Pues sí, en tales circunstancias y clavada como un pino en la planicie antes de entrar a la estación, la magia que invadía mi idílica ilusión pareció despedirse de mí. Pero esa cobardía y arrebato de absurda realidad me hizo mirar más allá. Y al girarme reparé en la cantidad de personas que con bultos imposibles o sin ellos, se arremolinaban a mi alrededor para buscar la entrada, algunos por la prisa arrollando todo lo que a su paso se encontraban, pidiendo perdón como en un disco rayado; para otros mayores, la fatiga y el desconcierto les hacía caminar despacio, sin saber muy bien si era a su izquierda o su derecha, o simplemente ir hacia delante sin rumbo fijo. Habiendo en todos ellos un motivo por el que emprender o terminar ese viaje. ¿Cuál? Imposible de saber, pero curioso de mirar.
Una vez dentro, pasada la maleta, el bolso y la chaqueta por los lugares de rigor y ver mi tren en las pantallas, tocaba conseguir un asiento donde esperar a que mi Ave tuviera asignada una puerta por donde llegar a mi anhelado tren.
Y fue en ese momento cuando la magia llamó por sorpresa y no me abandonó hasta el final de mi viaje. Mis ojos vieron más allá de la cotidianidad de una espera para tomar un tren. La estación se convirtió en mi particular Torre de Babel, yo insignificante de nuevo plantada en mitad de la nada, estaba rodeada de mayores, niños, nacionales y extranjeros, con lenguas que era incapaz de interpretar y, sin embargo, entendiendo a la perfección el idioma universal de los gestos. Los había que se manifestaban pacientes, otros agobiados, cansados y grupos felices por una ida o una vuelta que yo desconocía pero que implícitamente estaba presente. Ellos no sabían mi ida ni cuando se produciría mi vuelta, pero comencé a hablar con mis gestos, y ello me provocó una sonrisa de complicidad conmigo misma. Yo también era como ellos, una más con un bolso incómodo y un maletón.

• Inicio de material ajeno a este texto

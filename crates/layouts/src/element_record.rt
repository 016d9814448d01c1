ghost use Rattle.format.specs.Layout.{element};
ghost use Rattle.layouts.specs.Lies.{lie_element};

use super::{Form, Layout, Span, TableColumn, column};

// Element: A2 "E1" to "E8", I4, I2, I4, number I4, level I2, figure I2, data kind I1 (0..6), accuracy I2, note kind I1
// (0..2), shift I2 (-9..9), break I1, data count I4, records I4, X I7, Y I7 (any sign), value I7 (any sign) or seven
// spaces, I2, A7, A4, A4, A4, 6X, repeat I1 (1..9).
#[derive(Clone, Copy)]
pub struct Element {}

impl Element {
    pub const TYPE_WIDTH: usize = 2;

    pub const CLASS_WIDTH: usize = 4;

    pub const AREA_CODE_WIDTH: usize = 2;

    pub const INFORMATION_WIDTH: usize = 4;

    pub const NUMBER_WIDTH: usize = 4;

    pub const LEVEL_WIDTH: usize = 2;

    pub const FIGURE_WIDTH: usize = 2;

    pub const DATA_KIND_WIDTH: usize = 1;

    pub const ACCURACY_WIDTH: usize = 2;

    pub const NOTE_KIND_WIDTH: usize = 1;

    pub const SHIFT_WIDTH: usize = 2;

    pub const BREAK_WIDTH: usize = 1;

    pub const DATA_COUNT_WIDTH: usize = 4;

    pub const RECORDS_WIDTH: usize = 4;

    pub const X_WIDTH: usize = 7;

    pub const Y_WIDTH: usize = 7;

    pub const VALUE_WIDTH: usize = 7;

    pub const ATTRIBUTE_CLASS_WIDTH: usize = 2;

    pub const ATTRIBUTE_FORMAT_WIDTH: usize = 7;

    pub const ACQUIRED_WIDTH: usize = 4;

    pub const UPDATED_WIDTH: usize = 4;

    pub const DELETED_WIDTH: usize = 4;

    pub const BLANK_WIDTH: usize = 6;

    pub const REPEAT_WIDTH: usize = 1;

    pub const TYPE_START: usize = 0;

    pub const CLASS_START: usize = Self::TYPE_START + Self::TYPE_WIDTH;

    pub const AREA_CODE_START: usize = Self::CLASS_START + Self::CLASS_WIDTH;

    pub const INFORMATION_START: usize = Self::AREA_CODE_START + Self::AREA_CODE_WIDTH;

    pub const NUMBER_START: usize = Self::INFORMATION_START + Self::INFORMATION_WIDTH;

    pub const LEVEL_START: usize = Self::NUMBER_START + Self::NUMBER_WIDTH;

    pub const FIGURE_START: usize = Self::LEVEL_START + Self::LEVEL_WIDTH;

    pub const DATA_KIND_START: usize = Self::FIGURE_START + Self::FIGURE_WIDTH;

    pub const ACCURACY_START: usize = Self::DATA_KIND_START + Self::DATA_KIND_WIDTH;

    pub const NOTE_KIND_START: usize = Self::ACCURACY_START + Self::ACCURACY_WIDTH;

    pub const SHIFT_START: usize = Self::NOTE_KIND_START + Self::NOTE_KIND_WIDTH;

    pub const BREAK_START: usize = Self::SHIFT_START + Self::SHIFT_WIDTH;

    pub const DATA_COUNT_START: usize = Self::BREAK_START + Self::BREAK_WIDTH;

    pub const RECORDS_START: usize = Self::DATA_COUNT_START + Self::DATA_COUNT_WIDTH;

    pub const X_START: usize = Self::RECORDS_START + Self::RECORDS_WIDTH;

    pub const Y_START: usize = Self::X_START + Self::X_WIDTH;

    pub const VALUE_START: usize = Self::Y_START + Self::Y_WIDTH;

    pub const ATTRIBUTE_CLASS_START: usize = Self::VALUE_START + Self::VALUE_WIDTH;

    pub const ATTRIBUTE_FORMAT_START: usize = Self::ATTRIBUTE_CLASS_START
        + Self::ATTRIBUTE_CLASS_WIDTH;

    pub const ACQUIRED_START: usize = Self::ATTRIBUTE_FORMAT_START + Self::ATTRIBUTE_FORMAT_WIDTH;

    pub const UPDATED_START: usize = Self::ACQUIRED_START + Self::ACQUIRED_WIDTH;

    pub const DELETED_START: usize = Self::UPDATED_START + Self::UPDATED_WIDTH;

    pub const BLANK_START: usize = Self::DELETED_START + Self::DELETED_WIDTH;

    pub const REPEAT_START: usize = Self::BLANK_START + Self::BLANK_WIDTH;

    pub const END: usize = Self::REPEAT_START + Self::REPEAT_WIDTH;
}

impl Layout for Element {
    ghost columns = { element };

    ghost lie = { lie_element };

    fn end() -> usize {
        Self::END
    }

    #[tactic(auto, unfolding(crate::specs::Tables::spans_of, format::specs::Layout::element))]
    fn spans() -> &'static [Span] {
        &[
            Span(Self::TYPE_START, Self::TYPE_WIDTH),
            Span(Self::CLASS_START, Self::CLASS_WIDTH),
            Span(Self::AREA_CODE_START, Self::AREA_CODE_WIDTH),
            Span(Self::INFORMATION_START, Self::INFORMATION_WIDTH),
            Span(Self::NUMBER_START, Self::NUMBER_WIDTH),
            Span(Self::LEVEL_START, Self::LEVEL_WIDTH),
            Span(Self::FIGURE_START, Self::FIGURE_WIDTH),
            Span(Self::DATA_KIND_START, Self::DATA_KIND_WIDTH),
            Span(Self::ACCURACY_START, Self::ACCURACY_WIDTH),
            Span(Self::NOTE_KIND_START, Self::NOTE_KIND_WIDTH),
            Span(Self::SHIFT_START, Self::SHIFT_WIDTH),
            Span(Self::BREAK_START, Self::BREAK_WIDTH),
            Span(Self::DATA_COUNT_START, Self::DATA_COUNT_WIDTH),
            Span(Self::RECORDS_START, Self::RECORDS_WIDTH),
            Span(Self::X_START, Self::X_WIDTH),
            Span(Self::Y_START, Self::Y_WIDTH),
            Span(Self::VALUE_START, Self::VALUE_WIDTH),
            Span(Self::ATTRIBUTE_CLASS_START, Self::ATTRIBUTE_CLASS_WIDTH),
            Span(Self::ATTRIBUTE_FORMAT_START, Self::ATTRIBUTE_FORMAT_WIDTH),
            Span(Self::ACQUIRED_START, Self::ACQUIRED_WIDTH),
            Span(Self::UPDATED_START, Self::UPDATED_WIDTH),
            Span(Self::DELETED_START, Self::DELETED_WIDTH),
            Span(Self::BLANK_START, Self::BLANK_WIDTH),
            Span(Self::REPEAT_START, Self::REPEAT_WIDTH),
        ]
    }

    fn table() -> &'static [TableColumn] {
        &[
            column!(Self::CLASS_START, Self::CLASS_WIDTH => Integer, 0, 9999),
            column!(Self::AREA_CODE_START, Self::AREA_CODE_WIDTH => Integer, 0, 99),
            column!(Self::INFORMATION_START, Self::INFORMATION_WIDTH => Integer, 0, 9999),
            column!(Self::NUMBER_START, Self::NUMBER_WIDTH => Integer, 0, 9999),
            column!(Self::LEVEL_START, Self::LEVEL_WIDTH => Integer, 0, 99),
            column!(Self::FIGURE_START, Self::FIGURE_WIDTH => Integer, 0, 99),
            column!(Self::DATA_KIND_START, Self::DATA_KIND_WIDTH => Integer, 0, 6),
            column!(Self::ACCURACY_START, Self::ACCURACY_WIDTH => Integer, 0, 99),
            column!(Self::NOTE_KIND_START, Self::NOTE_KIND_WIDTH => Integer, 0, 2),
            column!(Self::SHIFT_START, Self::SHIFT_WIDTH => Integer, -9, 9),
            column!(Self::BREAK_START, Self::BREAK_WIDTH => Integer, 0, 9),
            column!(Self::DATA_COUNT_START, Self::DATA_COUNT_WIDTH => Integer, 0, 9999),
            column!(Self::RECORDS_START, Self::RECORDS_WIDTH => Integer, 0, 9999),
            column!(Self::X_START, Self::X_WIDTH => Integer, -999999, 9999999),
            column!(Self::Y_START, Self::Y_WIDTH => Integer, -999999, 9999999),
            column!(Self::VALUE_START, Self::VALUE_WIDTH => IntegerOrSpaces, -999999, 9999999),
            column!(Self::ATTRIBUTE_CLASS_START, Self::ATTRIBUTE_CLASS_WIDTH => Integer, 0, 99),
            column!(Self::BLANK_START, Self::BLANK_WIDTH => Blank, 0, 0),
            column!(Self::REPEAT_START, Self::REPEAT_WIDTH => Integer, 1, 9),
        ]
    }
}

Asomé mi nariz por una de las puertas y las lanzaderas de alta velocidad, preparadas con su vagón puntiagudo de máquina, me miraron implacables, mandándome esperar a emprender el viaje. Nadie sabe que pasará, si su asiento será el pensado o si los compañeros de viaje lo harán breve o interminable.
Pero nada es como parece, ni como lo imaginaste, la ensoñación lo hace todo perfecto, es como la mejor de las canciones nunca escrita para ti, pero una vez dentro, ¡vaya no hay azafatas preciosas! ¡ni puedes comprobar si el capitán quita el hipo! Pues no lo es, es mucho mejor. En cada asiento hay una vida, un camino, un fin determinado por el que viajar al mismo lugar que tú.
De pronto y frente a los pasajeros de mi fila, se encuentra el baño y en él, se mete una pareja. Los dos altos, ¿cómo es posible que quepan si mi bolso y yo no cabemos ni de canto? Pues ellos sí, y más de 20 minutos. ¡Con el olor a líquidos varios recocidos y moqueta añeja que hay en dichos aseos! Y es que en las cosas del amor y el deseo las fantasías se hacen realidad. Y el viaje hacia un destino tantas veces repetido cobra vida propia, la de cada uno de nosotros.
Así es la vida, unas veces más imaginada que vivida, callada que compartida, porque a cada realidad la dotamos de falta de magia, de fantasía, de belleza. Porque perdemos el oremus por un poco de viento con arena que nos ciega los ojos, porque somos absurdos en no querer disfrutar de cada camino que emprendemos. Pero cuando miras que en cada viaje que inicias cada día, la otra cara de la vida se te presenta frente a tus narices, y te das cuenta de cuánto tiempo es perdido y qué poco es gozado.